[[ Source data open ]]

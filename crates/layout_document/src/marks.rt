// What is noted at the units of a layout: what comes before them, and which groups begin and end with them.
use crate::roles::Role;
use crate::style::{Commas, Style};
use crate::units::{Kind, Unit};
use std::alloc::{AllocError, Global};
use swc_context::span::{BytePos, Span};
use swc_nodes::node::ExprId;

/// What comes before a unit.
#[derive(Clone, Copy, PartialEq, Eq)]
pub enum Gap {
    /// Nothing, unless two words would meet.
    Nothing,
    /// A blank.
    Blank,
    /// A place for a line.
    Line(LineGap),
    /// A line, indented as the line before.
    Break,
    /// A blank, before a `{` of statements or a word that goes on with one: lines of comments before it are indented as
    /// the line before.
    Word,
    /// A line before a statement, a member or a clause, and an empty line before it if the text has one or more there.
    Statement {
        /// The line is indented more than the first of the group.
        is_deeper: bool,
    },
    /// A line before the `}` of a body, or the end of a program.
    End,
}

/// A place for a line: without a line it is a blank or nothing.
#[derive(Clone, Copy, PartialEq, Eq)]
pub struct LineGap {
    /// A blank is there if no line is.
    pub is_blank: bool,
    /// The line is indented more than the first of the group.
    pub is_deeper: bool,
    pub when: When,
    /// An empty line is before the line, if the text has one or more there.
    pub keeps_empty: bool,
    /// It is before the closing bracket of arguments that may be held together.
    pub is_tail: bool,
}

/// Where a place for a line is one.
#[derive(Clone, Copy, PartialEq, Eq)]
pub enum When {
    /// Where its group is broken.
    Broken,
    /// Where its group is broken, and what follows up to the next place doesn't go on the line.
    Needed,
    /// Everywhere. So the groups around it are broken.
    Always,
}

/// A blank, or a line that is indented more.
pub const LINE: Gap = Gap::Line(LineGap {
    is_blank: true,
    is_deeper: true,
    when: When::Broken,
    keeps_empty: false,
    is_tail: false,
});

/// Nothing, or a line that is indented more.
pub const DOT: Gap = Gap::Line(LineGap {
    is_blank: false,
    is_deeper: true,
    when: When::Broken,
    keeps_empty: false,
    is_tail: false,
});

impl Gap {
    /// A place for a line where its group is broken.
    pub fn line(is_blank: bool, is_deeper: bool) -> Gap {
        Gap::line_when(is_blank, is_deeper, When::Broken)
    }

    /// A place for a line.
    pub fn line_when(is_blank: bool, is_deeper: bool, when: When) -> Gap {
        Gap::Line(LineGap {
            is_blank,
            is_deeper,
            when,
            keeps_empty: false,
            is_tail: false,
        })
    }
}

/// How lines in a group are. A group is on one line if it goes there with what follows up to the next place for a line,
/// and no line is in it that is always one; otherwise it is broken.
#[derive(Clone, Copy, PartialEq, Eq)]
pub enum Group {
    /// The places in it are lines where it is broken.
    Parts,
    /// The same, and what is in it is indented more, as after `? `.
    Operand,
    /// It is broken where the group around it is.
    Nested,
    /// The same, and what is in it is indented more, as the first of several declarators.
    Deeper,
    /// It is broken where the group around it is broken, and else by itself, as what arrow functions return that return
    /// one another.
    Returned,
    /// Always on one line.
    Flat,
    /// What is in `${` and `}` of a template, where that has a line break: indented as the line of the template.
    Hole,
    /// Arguments. Where one of them can be broken after a place in it, and what is before that place goes on the line,
    /// the group is held together: only its last place is a line, and that if the line is indented more.
    Arguments,
    /// A chain of calls. Where the arguments of its last call alone have line breaks, and what is before the first of
    /// these goes on the line, it is held together.
    Chain {
        /// It is never on one line.
        is_broken: bool,
        /// It is never held together.
        is_loose: bool,
    },
}

/// What is noted at an opening bracket.
#[derive(Clone, Copy)]
pub struct Shape {
    /// It is no group.
    pub is_bare: bool,
    /// It is broken.
    pub is_broken: bool,
    /// As many items are on a line as go there.
    pub is_filled: bool,
    /// A comma is after the last item, where the bracket after that begins a line.
    pub has_comma: bool,
    /// One of the items can be broken while the others stay on the line: see `Group::Arguments`.
    pub hugs: bool,
    /// A blank is before the closing bracket, as in `for (;a; )`.
    pub ends_blank: bool,
    /// What is in `${` and `}` begins a line where that is broken.
    pub has_lines: bool,
}

/// Nothing is noted.
pub const PLAIN: Shape = Shape {
    is_bare: false,
    is_broken: false,
    is_filled: false,
    has_comma: false,
    hugs: false,
    ends_blank: false,
    has_lines: false,
};

/// It is no group.
pub const BARE: Shape = Shape {
    is_bare: true,
    is_broken: false,
    is_filled: false,
    has_comma: false,
    hugs: false,
    ends_blank: false,
    has_lines: false,
};

/// Where a group around a unit may begin to be broken.
#[derive(Clone, Copy, PartialEq, Eq)]
pub enum Place {
    None,
    /// Before the unit.
    Before,
    /// After the unit.
    After,
}

/// What the units of a text are.
#[derive(Clone, Copy, PartialEq, Eq)]
pub enum Whole {
    /// An expression.
    Expr,
    /// A program.
    Program,
}

/// What is noted at a unit.
#[derive(Clone, Copy)]
pub struct Mark {
    pub gap: Gap,
    /// The group that begins with the unit before all others.
    pub outer: Option<Group>,
    /// How many `Parts` begin with the unit, in the group before.
    pub opens: usize,
    /// The chain that begins with the unit, in these.
    pub chain: Option<Group>,
    /// The group of a bracket, in these.
    pub bracket: Option<Group>,
    /// How many groups end with the unit.
    pub closes: usize,
    pub shape: Shape,
    pub place: Place,
    /// A comma is before the unit, a closing bracket, if that begins a line.
    pub has_comma: bool,
    /// A semicolon is after the unit, which is no unit of its own.
    pub ends_statement: bool,
    /// The text stays as it is written from the unit on, up to the one before this number.
    pub kept_to: usize,
}

/// The units of a text, and what is noted at each.
#[derive(Drop)]
pub struct Marks {
    pub whole: Whole,
    pub style: Style,
    pub units: Vec<Unit>,
    pub marks: Vec<Mark>,
    /// What each expression is to what it is a part of.
    roles: Vec<Role>,
}

impl Marks {
    /// The units, with nothing noted at any of them, nor at any of so many nodes. The only error is out of memory.
    pub fn new(
        alloc: Global,
        whole: Whole,
        style: Style,
        units: Vec<Unit>,
        count: usize,
    ) -> Result<Marks, AllocError> {
        let nothing = Mark {
            gap: Gap::Nothing,
            outer: None,
            opens: 0,
            chain: None,
            bracket: None,
            closes: 0,
            shape: PLAIN,
            place: Place::None,
            has_comma: false,
            ends_statement: false,
            kept_to: 0,
        };
        let mut marks = Vec::new(alloc);
        marks.resize(units.len(), nothing)?;
        let mut roles = Vec::new(alloc);
        roles.resize(count, Role::Plain)?;
        Ok(Marks {
            whole,
            style,
            units,
            marks,
            roles,
        })
    }

    /// What an expression is to what it is a part of.
    pub fn role(&self, expr: ExprId) -> Role {
        self.roles.get(expr.0).copied().unwrap_or(Role::Plain)
    }

    /// Notes what an expression is to what it is a part of.
    pub fn set_role(&mut self, expr: ExprId, role: Role) {
        if let Some(known) = self.roles.get_mut(expr.0) {
            *known = role;
        }
    }

    /// What is after the last unit.
    pub fn end(&self) -> Gap {
        match self.whole {
            Whole::Expr => Gap::Nothing,
            Whole::Program => Gap::End,
        }
    }

    /// Whether a comma may be after the last item of a list.
    pub fn takes_commas(&self) -> bool {
        self.style.commas != Commas::None
    }

    /// Whether a comma may be after the last argument or parameter.
    pub fn takes_all_commas(&self) -> bool {
        self.style.commas == Commas::All
    }

    /// The kind of the unit of the number.
    pub fn kind(&self, number: usize) -> Kind {
        match self.units.get(number) {
            Some(unit) => unit.kind,
            None => Kind::Other,
        }
    }

    /// Whether a line break is before the unit of the number, after the unit before.
    pub fn is_at_line(&self, number: usize) -> bool {
        match self.units.get(number) {
            Some(unit) => unit.is_at_line,
            None => false,
        }
    }

    /// How many units there are.
    pub fn len(&self) -> usize {
        self.units.len()
    }

    /// The number of the first unit that begins at the position or after it.
    pub fn at(&self, place: BytePos) -> usize {
        let place = place.0 as usize;
        self.units.partition_point(|unit| unit.lo < place)
    }

    /// The number of the unit before the position.
    pub fn before(&self, place: BytePos) -> usize {
        self.at(place).saturating_sub(1)
    }

    /// Notes what comes before the unit of the number.
    pub fn set(&mut self, number: usize, gap: Gap) {
        if let Some(mark) = self.marks.get_mut(number) {
            mark.gap = gap;
        }
    }

    /// Notes a blank before the unit of the number, if nothing is noted there.
    pub fn set_blank(&mut self, number: usize) {
        if let Some(mark) = self.marks.get_mut(number) {
            if mark.gap == Gap::Nothing {
                mark.gap = Gap::Blank;
            }
        }
    }

    /// Notes what comes before the unit at the position.
    pub fn set_at(&mut self, place: BytePos, gap: Gap) {
        self.set(self.at(place), gap);
    }

    /// Notes what comes before an operator, and after it, where its right operand begins.
    pub fn set_operator(&mut self, operand: BytePos, before: Gap, after: Gap) {
        let number = self.at(operand);
        self.set(number, after);
        self.set(number.saturating_sub(1), before);
    }

    /// Notes what a bracket is.
    pub fn shape(&mut self, number: usize, shape: Shape) {
        if let Some(mark) = self.marks.get_mut(number) {
            mark.shape = shape;
        }
    }

    /// What is noted of the bracket of the number.
    pub fn shape_of(&self, number: usize) -> Shape {
        match self.marks.get(number) {
            Some(mark) => mark.shape,
            None => PLAIN,
        }
    }

    /// Notes a place at the unit of the number.
    pub fn set_place(&mut self, number: usize, place: Place) {
        if let Some(mark) = self.marks.get_mut(number) {
            mark.place = place;
        }
    }

    /// Notes that a comma may be before the unit of the number.
    pub fn set_comma(&mut self, number: usize) {
        if let Some(mark) = self.marks.get_mut(number) {
            mark.has_comma = true;
        }
    }

    /// Notes that a group begins with the unit of the number, and ends with another.
    pub fn add_group(&mut self, first: usize, last: usize) {
        if let Some(mark) = self.marks.get_mut(first) {
            mark.opens = mark.opens.saturating_add(1);
            self.end_group(last);
        }
    }

    /// Notes that a group is at the place, which holds a unit at least.
    pub fn add_group_at(&mut self, place: Span) {
        self.add_group(self.at(place.lo), self.before(place.hi));
    }

    /// Notes that a group is at the place, around all others that begin there.
    pub fn add_outer_at(&mut self, place: Span, group: Group) {
        let first = self.at(place.lo);
        let last = self.before(place.hi);
        if let Some(mark) = self.marks.get_mut(first) {
            mark.outer = Some(group);
            self.end_group(last);
        }
    }

    /// Notes a group of what is at the place and the sign before it, around all others that begin with the sign.
    pub fn add_signed(&mut self, place: Span, group: Group) {
        let sign = self.before(place.lo);
        let last = self.before(place.hi);
        if let Some(mark) = self.marks.get_mut(sign) {
            mark.outer = Some(group);
            self.end_group(last);
        }
    }

    /// Notes that a chain begins with the unit of the number, and ends with another.
    pub fn add_chain(&mut self, first: usize, last: usize, group: Group) {
        if let Some(mark) = self.marks.get_mut(first) {
            mark.chain = Some(group);
            self.end_group(last);
        }
    }

    /// Notes that a pair of brackets is a group.
    pub fn add_bracket(&mut self, first: usize, last: usize, group: Group) {
        if let Some(mark) = self.marks.get_mut(first) {
            mark.bracket = Some(group);
            self.end_group(last);
        }
    }

    /// Notes that the text stays as it is written from the unit of the number on, to another.
    pub fn keep(&mut self, first: usize, last: usize) {
        if let Some(mark) = self.marks.get_mut(first) {
            mark.kept_to = last.saturating_add(1);
        }
    }

    /// Notes that a semicolon is after the unit of the number.
    pub fn end_statement(&mut self, number: usize) {
        if let Some(mark) = self.marks.get_mut(number) {
            mark.ends_statement = true;
        }
    }

    /// Notes that a group ends with the unit of the number.
    fn end_group(&mut self, last: usize) {
        if let Some(mark) = self.marks.get_mut(last) {
            mark.closes = mark.closes.saturating_add(1);
        }
    }
}
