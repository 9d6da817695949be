// What an expression is to what it is a part of, as far as its layout depends on that.

/// How the lines of an operator's operands are indented.
#[derive(Clone, Copy, PartialEq, Eq)]
pub enum Lines {
    /// More than the first operand.
    Deeper,
    /// As the first operand.
    Level,
    /// As what is in the parentheses of a statement, whose group the operator has no other than.
    Test,
}

/// What an expression is to what it is a part of.
#[derive(Clone, Copy, PartialEq, Eq)]
pub enum Role {
    /// Nothing of note.
    Plain,
    /// An operator whose lines are such, with a group of its own unless they are those of a test.
    Lined(Lines),
    /// An operator that goes on with the group of the one that it is the left operand of.
    Within(Lines),
    /// An operator, of other precedence, in one that is logical or not.
    Under { is_logical: bool },
    /// An operand: parentheses are no group.
    Operand,
    /// What is called, or has a member.
    Callee,
    /// A link of a chain, which is noted at its last link.
    Link,
    /// The expression of a statement.
    Statement,
    /// An argument.
    Argument,
    /// What `return` or `throw` has.
    Result,
    /// A `?` after a `?` or a `:`.
    Nested,
    /// What is assigned to, or assigned to what is no name: members in it begin no lines.
    Target,
    /// What a name is assigned, or a variable is set to.
    Right,
    /// An assignment in a chain of them.
    Chained,
    /// An arrow function that returns another one, or is returned by one, in a group with places for lines between them.
    Curried,
    /// A pattern that is a parameter, or has a default: those in it don't break it.
    Parameter,
}
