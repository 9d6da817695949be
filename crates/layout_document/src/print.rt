// The text of a layout, made from its parts.
use crate::gaps::Part;
use crate::marks::{Group, LineGap, When};
use crate::measure::{Measured, columns_of, measure};
use crate::style::Style;
use std::alloc::{AllocError, Global};

/// No line is indented by more columns: so the layout of what is nested deeply stays short.
const MOST_INDENT: usize = 64;

/// How a group is.
#[derive(Clone, Copy, PartialEq, Eq)]
enum Mode {
    /// On one line, with all groups in it.
    Flat,
    /// Held together: its places are no lines, but for the last one, if the line there is indented more than the first.
    Held,
    /// Broken.
    Broken,
}

/// A group that is open.
#[derive(Clone, Copy)]
struct Frame {
    /// By how many columns the first line is indented.
    indent: usize,
    mode: Mode,
    /// A line of it was begun that is indented more than the first.
    is_entered: bool,
}

/// What is written of a layout.
#[derive(Drop)]
struct Printer<'a> {
    text: &'a str,
    style: Style,
    measured: Measured,
    out: String,
    column: usize,
    /// By how many columns the line is indented.
    line: usize,
    frame: Frame,
    /// The groups around that of the frame.
    outer: Vec<Frame>,
}

/// The text of the parts.
pub fn print(
    alloc: Global,
    text: &str,
    parts: &[Part],
    style: Style,
) -> Result<String, AllocError> {
    let frame = Frame {
        indent: 0,
        mode: Mode::Broken,
        is_entered: false,
    };
    let mut printer = Printer {
        text,
        style,
        measured: measure(alloc, text, parts)?,
        out: String::new(alloc),
        column: 0,
        line: 0,
        frame,
        outer: Vec::new(alloc),
    };
    for (number, part) in parts.iter().enumerate() {
        printer.put(number, *part)?;
    }
    Ok(printer.out)
}

impl Printer<'_> {
    /// Writes the part of the number.
    fn put(&mut self, number: usize, part: Part) -> Result<(), AllocError> {
        match part {
            Part::Line { line, has_empty } if self.is_line(number, line) => {
                self.frame.is_entered = line.is_deeper;
                return self.put_line(has_empty);
            }
            Part::SameLine => return self.put_line(false),
            Part::Comma if self.has_last_line() => {
                self.column = self.column.saturating_add(1);
                self.out.push_str(",")?;
            }
            Part::Text(lo, hi) | Part::Note(lo, hi) => self.put_text(lo, hi)?,
            Part::Lines(lo, hi) => {
                self.put_text(lo, hi)?;
                self.column = 0;
                self.line = blanks_at(self.text, hi);
            }
            Part::Line { line, .. } if line.is_blank => self.out.push_str(" ")?,
            Part::Blank => self.out.push_str(" ")?,
            Part::Semicolon => self.out.push_str(";")?,
            Part::Open(group) => self.open(number, group)?,
            Part::Close => self.frame = self.outer.pop().unwrap_or(self.frame),
            _ => {}
        }
        self.column = self.column.saturating_add(columns_of(self.text, part));
        Ok(())
    }

    /// Writes what is in the text between two places.
    fn put_text(&mut self, lo: usize, hi: usize) -> Result<(), AllocError> {
        self.out.push_str(self.text.get(lo..hi).unwrap_or(""))
    }

    /// Whether a place is a line.
    fn is_line(&self, number: usize, line: LineGap) -> bool {
        match (line.when, self.frame.mode) {
            (When::Always, _) => true,
            (_, Mode::Flat) => false,
            (_, Mode::Held) => !line.is_deeper && self.has_last_line(),
            (When::Broken, Mode::Broken) => true,
            (When::Needed, Mode::Broken) => {
                let next = self.measured.rests.get(number.saturating_add(1));
                let rest = next.map_or(0, |rest| rest.broken);
                let columns = rest.saturating_add(usize::from(line.is_blank));
                self.style.width < self.column.saturating_add(columns)
            }
        }
    }

    /// Whether the closing bracket of the group begins a line.
    fn has_last_line(&self) -> bool {
        match self.frame.mode {
            Mode::Flat => false,
            Mode::Held => self.frame.indent < self.line,
            Mode::Broken => true,
        }
    }

    /// Begins a line.
    fn put_line(&mut self, has_empty: bool) -> Result<(), AllocError> {
        let indent = self.indent_of(self.frame);
        self.out.push_str(if has_empty { "\n\n" } else { "\n" })?;
        for _ in 0..indent {
            self.out.push_str(" ")?;
        }
        self.column = indent;
        self.line = indent;
        Ok(())
    }

    /// By how many columns the next line of a group is indented.
    fn indent_of(&self, frame: Frame) -> usize {
        let more = if frame.is_entered {
            self.style.indent
        } else {
            0
        };
        frame.indent.saturating_add(more).min(MOST_INDENT)
    }

    /// Begins a group, with the part of the number.
    fn open(&mut self, number: usize, group: Group) -> Result<(), AllocError> {
        let around = self.frame;
        let indent = match group {
            Group::Hole | Group::Flat => self.line.min(MOST_INDENT),
            Group::Deeper => {
                let indent = self.indent_of(around);
                indent.saturating_add(self.style.indent).min(MOST_INDENT)
            }
            Group::Operand => self.indent_of(around).saturating_add(2).min(MOST_INDENT),
            _ => self.indent_of(around),
        };
        let mode = self.mode_of(number, group);
        self.outer.push(around)?;
        self.frame = Frame {
            indent,
            mode,
            is_entered: false,
        };
        Ok(())
    }

    /// How a group is that begins with the part of the number.
    fn mode_of(&self, number: usize, group: Group) -> Mode {
        let around = self.frame.mode;
        match group {
            Group::Flat => Mode::Flat,
            Group::Hole if self.fits(number) => Mode::Flat,
            Group::Hole => Mode::Broken,
            _ if around == Mode::Flat => Mode::Flat,
            Group::Nested | Group::Deeper => around,
            Group::Returned if around == Mode::Broken => Mode::Broken,
            Group::Chain {
                is_broken: true,
                ..
            } => Mode::Broken,
            _ if self.fits(number) => Mode::Flat,
            Group::Arguments if self.head_fits(number) => Mode::Held,
            Group::Chain {
                is_loose: false,
                ..
            } if self.holds_chain(number) => Mode::Held,
            _ => Mode::Broken,
        }
    }

    /// Whether a group goes on one line, with what is after it.
    fn fits(&self, number: usize) -> bool {
        let end = self.end_of(number);
        self.goes(self.column, number, end, self.rest_at(end))
    }

    /// Where a group closes.
    fn end_of(&self, number: usize) -> usize {
        self.measured.ends.get(number).copied().unwrap_or(0)
    }

    /// The place of a part.
    fn place_of(&self, number: usize) -> usize {
        self.measured.places.get(number).copied().unwrap_or(0)
    }

    /// How many columns there are from a part to the next place for a line.
    fn rest_at(&self, number: usize) -> usize {
        match self.measured.rests.get(number) {
            Some(rest) if self.frame.mode == Mode::Held => rest.held,
            Some(rest) => rest.broken,
            None => 0,
        }
    }

    /// Whether what is before the place of a group goes on one line.
    fn head_fits(&self, number: usize) -> bool {
        self.goes(self.column, number, self.place_of(number), 0)
    }

    /// Whether a chain that isn't on one line is held together. Its last part alone may have lines. Either what is before
    /// the first of these goes on the line of the chain; or that part doesn't go on a line of its own, but what is before
    /// the place of its arguments goes on the line of the chain. So a layout of the layout is held, too.
    fn holds_chain(&self, number: usize) -> bool {
        let (place, end) = (self.place_of(number), self.end_of(number));
        let sums = &self.measured.sums;
        let (Some(first), Some(part), Some(last)) = (
            sums.get(number),
            sums.get(place),
            sums.get(end),
        ) else {
            return false;
        };
        if first.lines < part.lines {
            return false;
        }
        let line = self.measured.lines.get(first.lines).copied().unwrap_or(0);
        let columns = line.saturating_sub(first.columns);
        if part.lines < last.lines && self.column.saturating_add(columns) <= self.style.width {
            return true;
        }
        let indent = self.indent_of(self.frame).saturating_add(self.style.indent);
        !self.goes(indent, place, end, self.rest_at(end))
            && self.goes(self.column, number, self.place_of(place), 0)
    }

    /// Whether what is between two parts goes on a line from a column on, with so many columns after it.
    fn goes(&self, column: usize, first: usize, last: usize, rest: usize) -> bool {
        match (self.measured.sums.get(first), self.measured.sums.get(last)) {
            (Some(first), Some(last)) => {
                let between = last.columns.saturating_sub(first.columns);
                let columns = column.saturating_add(between).saturating_add(rest);
                first.lines == last.lines && columns <= self.style.width
            }
            _ => false,
        }
    }
}

/// How many blanks the text has at a place.
fn blanks_at(text: &str, place: usize) -> usize {
    let rest = text.as_bytes().get(place..).unwrap_or(&[]);
    rest.iter()
        .position(|byte| *byte != b' ')
        .unwrap_or(rest.len())
}
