#![tactic(auto)]

ghost use Rattle.worked.specs.Examples.{Worked};
ghost use Rattle.worked.specs.Stories.{Told};

// The numbers and the bytes of the rules, in cases that were worked out by hand.
pub fn worked_facts()
    ensures { Worked }
{}

// Whole runs, with the answers that were worked out by hand.
pub fn stories()
    ensures { Told }
{}
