// What a published operation answers: a refusal's number alone, or its value; and what it writes. This crate has no function.
#![tactic(auto)]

[[ Source data closed ]]

Problem statement:
From the listing above, pick out each line where the word "next" appears.

Exercise answer:
    /// Where its group is broken, and what follows up to the next place doesn't go on the line.
/// How lines in a group are. A group is on one line if it goes there with what follows up to the next place for a line,
                let next = self.measured.rests.get(number.saturating_add(1));
                let rest = next.map_or(0, |rest| rest.broken);
    /// By how many columns the next line of a group is indented.
    /// How many columns there are from a part to the next place for a line.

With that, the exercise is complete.